Gautier had a way of using the world's dictionary, whose leaves, blown by an unknown wind, always opened so as to let the exact word leap out of the pages, adding the appropriate shades. Both writers had an innate sense of "correspondences," and of a universal symbolism, where the "sacredness" of every word defends one from using it in a profane sense. To realize the central secret of the mystics, from Protagoras onwards, the secret which the Smaragdine Tablet of Hermes betrays in its "As things are below, so are they above;" which Boehme has classed in his teaching of "signatures;" and which Swedenborg has systematized in his doctrine of "correspondences," one arrives at Gérard de Nerval, whose cosmical visions are at times so magnificent that he seems to be creating myths, as, after his descent into hell, he plays the part he imagines assigned to him in his astral influences.
Among these comes Hoffmann. In his Kreislerione, that Baudelaire read in the French translation I have before me, printed in 1834, he says: "The musician whose sense of music is conscious swims everywhere across floods of harmony and melody. This is no vain image, nor an allegory devoid of sense, such as composers use when they speak of colours, of perfumes, of the rays of the sun that appear like concords." "Colour speaks," says Baudelaire, "in a voice evocatory of sorcery; animals and plants grimace; perfumes provoke correspondent thoughts and memories. And when I think of Gautier's rapidity in solving all the problems of style and of composition, I cannot help remembering a severe maxim that he let fall before me in one of his conversations: 'Every writer who fails to seize any idea, however subtle and unexpected he supposes it to be, is not a writer. L'Inexprimable n'existe pas.'"

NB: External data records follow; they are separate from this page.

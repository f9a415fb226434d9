//! Paths of the source tree.
ghost use Rattle.std.specs.Prelude.{◌≡◌, ◌==◌, ◌&&◌, ◌++◌, ◌∷◌, [], true, IfOk, IfSome, OnOk, map, length, ◌<◌};
ghost use Rattle.std.specs.List.{list_all};
ghost use Rattle.std.specs.Str.{is_utf8};
ghost use Rattle.bs_outside.specs.Paths.{is_named, may_be_path, has_named_segments, is_normal_path, IsNormalPath, is_segment, begins_with_slash, reached, reached_by, segments_of, path_of, normal_of, is_slash, parent_of};

use crate::{NoMemory, Text, cut};
use std::alloc::Global;

/// The most bytes that a path has.
pub const PATH_LIMIT: usize = 1024;

/// Whether the text is a path: at most 1,024 bytes of UTF-8 without byte 0 that are `/`, or segments with one slash before each, none of them empty, `.` or `..`.
pub fn is_normal_path(text: &[u8]) -> bool
    ensures { result ≡ is_normal_path text.now }
{
    may_be_path(text) && has_named_segments(text)
}

/// Whether the name is one segment of a path.
pub fn is_segment(alloc: Global, name: &[u8]) -> Result<bool, NoMemory>
    ensures { IfOk result (λ answer. answer ≡ is_segment name.now) }
{
    if name.is_empty() || name.contains(&b'/') {
        return Ok(false);
    }
    let mut path = Vec::from_slice(alloc, b"/")?;
    path.extend_from_slice(name)?;
    Ok(is_normal_path(&path))
}

fn may_be_path(text: &[u8]) -> bool
    ensures { result ≡ may_be_path text.now }
{
    text.len() <= PATH_LIMIT && is_utf8(text) && !text.contains(&0)
}

fn is_utf8(text: &[u8]) -> bool
    ensures { result ≡ is_utf8 text.now }
{
    match std::str::from_utf8(text) {
        Ok(_) => true,
        Err(_) => false,
    }
}

fn is_named(segment: &[u8]) -> bool
    ensures { result ≡ is_named segment.now }
{
    !segment.is_empty() && segment != b".".as_slice() && segment != b"..".as_slice()
}

fn are_named(text: &[u8]) -> bool
    ensures { result ≡ list_all is_named (segments_of text.now) }
{
    text.split(|byte| *byte == b'/').all(is_named)
}

fn has_named_segments(text: &[u8]) -> bool
    ensures { result ≡ has_named_segments text.now }
{
    match text {
        [] => false,
        [only] => *only == b'/',
        [first, rest @ ..] => *first == b'/' && are_named(rest),
    }
}

/// The folder in which the path lies: what stands before its last slash, or `/`.
pub fn parent(path: &[u8]) -> &[u8]
    ensures { result.now ≡ parent_of path.now }
{
    let mut end = path.len();
    while end > 1 {
        if path[end - 1] == b'/' {
            return &path[..end - 1];
        }
        end -= 1;
    }
    b"/"
}

/// Goes one segment on.
fn step<'a>(at: &mut Vec<&'a [u8]>, segment: &'a [u8]) -> Result<(), NoMemory>
    ensures { OnOk result (map (λ s. s.now) at.new.items ≡ reached_by (map (λ s. s.now) at.old.items) segment.now) }
{
    if segment.is_empty() || segment == b".".as_slice() {
        return Ok(());
    }
    if segment == b"..".as_slice() {
        at.pop();
        return Ok(());
    }
    at.push(segment)?;
    Ok(())
}

/// Goes on by each segment of the text.
fn walk<'a>(at: &mut Vec<&'a [u8]>, text: &'a [u8]) -> Result<(), NoMemory>
    ensures { OnOk result (map (λ s. s.now) at.new.items ≡ reached (map (λ s. s.now) at.old.items) (segments_of text.now)) }
{
    let mut left = Some(text);
    while let Some(rest) = left {
        let (segment, behind) = cut(rest, b'/');
        step(at, segment)?;
        left = behind;
    }
    Ok(())
}

/// The path of these segments.
fn joined(alloc: Global, segments: &[&[u8]]) -> Result<Vec<u8>, NoMemory>
    ensures { IfOk result (λ path. path.items ≡ path_of (map (λ s. s.now) segments.now)) }
{
    if segments.is_empty() {
        return Ok(Vec::from_slice(alloc, b"/")?);
    }
    let mut path = Vec::new(alloc);
    for segment in segments {
        path.push(b'/')?;
        path.extend_from_slice(segment)?;
    }
    Ok(path)
}

/// The path that the text names from the folder `base`, or nothing where it names none. Empty segments and `.` fall away, `..` goes
/// one up and stops at `/`. A text that begins with `/` is named from `/`, whatever the base; another names nothing from what is no path.
/// What is longer than a path may be, holds byte 0 or is not UTF-8 is no path.
pub fn normal(alloc: Global, base: &Text, text: &[u8]) -> Result<Option<Text>, NoMemory>
    ensures answer { IfOk result (λ path. path ≡ normal_of base.now text.now) }
    ensures normal { IfOk result (λ path. IfSome path IsNormalPath) }
{
    let mut at = Vec::new(alloc);
    if !begins_with_slash(text) {
        if !is_normal_path(base.as_slice()) {
            return Ok(None);
        }
        walk(&mut at, base.as_slice())?;
    }
    walk(&mut at, text)?;
    let path = joined(alloc, &at)?;
    if may_be_path(&path) {
        Ok(Some(Text::from_vec(path)))
    } else {
        Ok(None)
    }
}

fn begins_with_slash(text: &[u8]) -> bool
    ensures { result ≡ begins_with_slash text.now }
{
    match text {
        [] => false,
        [first, ..] => *first == b'/',
    }
}
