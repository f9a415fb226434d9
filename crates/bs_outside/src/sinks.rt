//! Where bytes go.
ghost use Rattle.std.specs.Prelude.{◌≡◌, ◌+◌, ◌<◌, ◌≤◌, ℕ, List, Option, length, take, [], ◌++◌, IfOk, IfErr, OnOk, OnErr, IsErrOf};
ghost use Rattle.bs_outside.specs.Told.{added, Owes, AddsPrefix, Rose};

use crate::SinkFault;
use std::alloc::Global;
use std::marker::Model;

/// What takes bytes, as standard output.
pub trait Sink {
    /// The bytes taken so far, where the object tells them.
    ghost taken: { Self → Option (List ℕ) };

    /// How many calls failed.
    ghost faults: { Self → ℕ };

    /// Takes the first bytes of the piece, at least one of a piece that is not empty, and answers how many.
    /// After an error some prefix of the piece was taken.
    fn put(&mut self, alloc: Global, piece: &[u8]) -> Result<usize, SinkFault>
        ensures within { IfOk result (λ count. count ≤ length piece.now) }
        ensures some { IfOk result (λ count. 0 < length piece.now → 0 < count) }
        ensures ok { IfOk result (λ count. taken self.new ≡ added (taken self.old) (take count piece.now)) }
        ensures err { OnErr result (AddsPrefix (taken self.old) (taken self.new) piece.now) }
        ensures counted { faults self.old ≤ faults self.new }
        ensures failed { IsErrOf result SinkFault.Failed → Rose (faults self.old) (faults self.new) };
}

/// Gives all bytes to the sink, in as many pieces as it takes.
#[tactic(auto, using(crate::proofs::Owing::owing))]
pub fn put_all<S: Sink>(alloc: Global, sink: &mut S, bytes: &[u8]) -> Result<(), SinkFault>
    ensures ok { OnOk result (S.taken sink.new ≡ added (S.taken sink.old) bytes.now) }
    ensures err { OnErr result (AddsPrefix (S.taken sink.old) (S.taken sink.new) bytes.now) }
    ensures counted { S.faults sink.old ≤ S.faults sink.new }
    ensures failed { IsErrOf result SinkFault.Failed → Rose (S.faults sink.old) (S.faults sink.new) }
{
    let mut rest = bytes;
    while !rest.is_empty() {
        let count = sink.put(alloc, rest)?;
        let (_, left) = rest.split_at(count);
        rest = left;
    }
    Ok(())
}

/// How many bytes are gathered before they are sent.
const PIECE: usize = 8192;

/// Bytes that are still owed to a sink: small pieces are gathered, so that a sink is given few large ones. After an error some of them
/// may have been taken, so they are not to be sent again.
#[derive(Drop, Debug)]
pub struct Gathered {
    bytes: Vec<u8>,
}

impl Model for Gathered {
    ghost use Rattle.std.specs.Prelude.{List, ℕ};

    ghost Value = { List ℕ };

    ghost view = { λ a. a.bytes.items };
}

impl Gathered {
    /// Nothing is owed.
    pub fn new(alloc: Global) -> Gathered
        ensures { result ≡ [] }
    {
        Gathered {
            bytes: Vec::new(alloc),
        }
    }

    /// Owes the piece too, and sends all where enough was gathered.
    #[tactic(auto, using(crate::proofs::Owing::owing))]
    pub fn put<S: Sink>(
        &mut self,
        alloc: Global,
        sink: &mut S,
        piece: &[u8],
    ) -> Result<(), SinkFault>
        ensures ok { OnOk result (Owes (S.taken sink.old) (S.taken sink.new) (self.old ++ piece.now) self.new) }
        ensures err { OnErr result (AddsPrefix (S.taken sink.old) (S.taken sink.new) (self.old ++ piece.now)) }
        ensures counted { S.faults sink.old ≤ S.faults sink.new }
        ensures failed { IsErrOf result SinkFault.Failed → Rose (S.faults sink.old) (S.faults sink.new) }
    {
        self.owe(piece)?;
        if self.bytes.len() >= PIECE {
            self.send(alloc, sink)?;
        }
        Ok(())
    }

    fn owe(&mut self, piece: &[u8]) -> Result<(), SinkFault>
        ensures ok { OnOk result (self.new ≡ self.old ++ piece.now) }
        ensures err { IfErr result (λ fault. fault ≡ SinkFault.NoMemory) }
    {
        match self.bytes.extend_from_slice(piece) {
            Ok(()) => Ok(()),
            Err(_) => Err(SinkFault::NoMemory),
        }
    }

    /// Sends all that is owed.
    pub fn send<S: Sink>(&mut self, alloc: Global, sink: &mut S) -> Result<(), SinkFault>
        ensures ok { OnOk result (S.taken sink.new ≡ added (S.taken sink.old) self.old) }
        ensures sent { OnOk result (self.new ≡ []) }
        ensures err { OnErr result (AddsPrefix (S.taken sink.old) (S.taken sink.new) self.old) }
        ensures counted { S.faults sink.old ≤ S.faults sink.new }
        ensures failed { IsErrOf result SinkFault.Failed → Rose (S.faults sink.old) (S.faults sink.new) }
    {
        put_all(alloc, sink, &self.bytes)?;
        self.bytes.clear();
        Ok(())
    }
}
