// The three buffers that a scan or a portion fills: addresses, values, owners. What they hold is said in specs/Buffers.antt.
#![tactic(auto)]

// How many places each of the buffers has, or a step wants.
#[derive(Clone, Copy)]
pub struct Places {
    pub addresses: usize,
    pub values: usize,
    pub owners: usize,
}
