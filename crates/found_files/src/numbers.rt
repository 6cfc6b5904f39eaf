//! Numbers of an operation, and what a file comes to have by it.
ghost use Rattle.std.specs.Prelude.{◌≡◌, ◌↔◌, ◌<◌, ◌≤◌, ◌^◌, true};
ghost use Rattle.record_model.specs.Pairs.{cluster_limit};
ghost use Rattle.tree_model.specs.Steps.{IsWithinBounds};
ghost use Rattle.written_made.specs.data_plan.Changes.{GrowsLittle};

use file_tree::Node;
use tree_model::{Op, clusters_after};

// A volume has at most so many clusters.
pub const CLUSTER_LIMIT: u64 = 0x1_0000_0000;

// Places and sizes of an operation are below this.
const PLACE_LIMIT: u64 = 0x4000_0000_0000_0000;

// The most bytes of a write, and of a read.
const MOST_WRITTEN: u64 = 65_536;

const MOST_READ: u64 = 4096;

// The most clusters by which data grows.
const MOST_MORE: u64 = 32_768;

/// Whether the numbers of an operation are within bounds.
pub fn is_within_bounds(op: &Op) -> bool
    ensures { (result ≡ true) ↔ IsWithinBounds op.now }
{
    match op {
        Op::Write { offset, bytes, .. } => {
            *offset < PLACE_LIMIT && bytes.len() as u64 <= MOST_WRITTEN
        }
        Op::Fill { offset, count, .. } => *offset < PLACE_LIMIT && *count <= MOST_WRITTEN,
        Op::Truncate { size, .. } => *size < PLACE_LIMIT,
        Op::Read { offset, count, .. } => *offset < PLACE_LIMIT && *count <= MOST_READ,
        Op::Journal { from } => *from < PLACE_LIMIT,
        _ => true,
    }
}

/// Whether the data comes to have not too many clusters, and not too many more.
pub fn grows_little(op: &Op, node: &Node) -> bool
    requires { IsWithinBounds op.now }
    ensures { (result ≡ true) ↔ GrowsLittle op.now node.now }
{
    let clusters = clusters_after(op, node);
    clusters <= CLUSTER_LIMIT && clusters.saturating_sub(node.clusters) <= MOST_MORE
}
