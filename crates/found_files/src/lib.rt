//! Files that an operation was found to write or cut, as the call that does it asks for them.
//!
//! The contract: a law that they are so in each state, and a call that looks whether a file is. The
//! layouts are those of the Linux-NTFS documentation, "FILE Record", "Attribute Header" and "$DATA".
#![tactic(auto)]

mod data;
mod laws;
mod numbers;
mod placed;
mod writing;

pub use data::{begins_at_zero, has_all_pairs, stands_below};
pub use file_tree::Node;
pub use laws::found_may_write;
pub use placed::{lies_below, total_clusters};
pub use tree_model::Op;
pub use volume_map::VolumeMap;
pub use writing::may_write;
pub use written_made::{
    FileRec, VolumeStreams, WriteFault, change_any_file, changes_are_steps, data_extents, file,
    found_is_there, has_data, make_data, reads_the_table,
};
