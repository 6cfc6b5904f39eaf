//! A file table that a draft has let grow is an edit of a plan: between the call that puts it and the
//! law that leads from a state to a state.
//!
//! The contract: the laws of these definitions, as functions with no body. The layouts are those of
//! the Linux-NTFS documentation, "$MFT" and "$Bitmap".
#![tactic(auto)]

mod laws;

pub use laws::{
    grown_is_edit, grown_is_kept, longer_table_lies, new_sequences_are_one, numbers_are_begun,
};
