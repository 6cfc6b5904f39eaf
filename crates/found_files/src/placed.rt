//! Streams in clusters.
ghost use Rattle.std.specs.Prelude.{◌≡◌, ◌↔◌, ◌<◌, ◌≤◌, true, IfSome};
ghost use Rattle.record_model.specs.Pairs.{HasSpelling};
ghost use Rattle.state_model.specs.Loads.{total_clusters};
ghost use Rattle.stream_runs.specs.Runs.{last_cluster};
ghost use Rattle.tree_model.specs.Needs.{clusters_for};
ghost use Rattle.written_made.specs.data_plan.Changes.{LiesBelow};

use planned_streams::have_spelling;
use record_model::Runs;
use state_model::Extents;
use stream_runs::last_cluster;
use tree_model::clusters_for;

// The most runs of a file's data.
const MOST_RUNS: usize = 32_768;

/// The clusters of runs that have a spelling.
pub fn total_clusters(runs: &Runs) -> u64
    requires { HasSpelling 0 runs.now }
    ensures { result ≡ total_clusters runs.now }
{
    stream_runs::total_clusters(runs.as_slice())
}

// Whether the last cluster is below this number; a sparse one is.
fn ends_below(clusters: u64, runs: &Runs) -> bool
    ensures { (result ≡ true) ↔ IfSome (last_cluster runs.now) (λ at. at < clusters) }
{
    match last_cluster(runs) {
        Some(at) => at < clusters,
        None => true,
    }
}

/// Whether data stands in clusters below so many that have room for its size, in not too many runs.
pub fn lies_below(clusters: u64, extents: &Extents) -> bool
    ensures { (result ≡ true) ↔ LiesBelow clusters extents.now }
{
    if extents.runs.len() > MOST_RUNS || !have_spelling(&extents.runs) {
        return false;
    }
    ends_below(clusters, &extents.runs)
        && clusters_for(extents.real) <= total_clusters(&extents.runs)
}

It is either Delacroix or Baudelaire who wrote: "The writer who is incapable of saying everything, who takes unawares and without having enough material to give body to an idea, however subtle or strange or unexpected he may suppose it to be, is not a writer." And one has to beware of the sin of allegory, which spoils even Bunyan's prose. For the deepest emotion raised in us by allegory is a very imperfectly satisfied sense of the writer's ingenuity in overcoming a difficulty we should have preferred his not having attempted to overcome.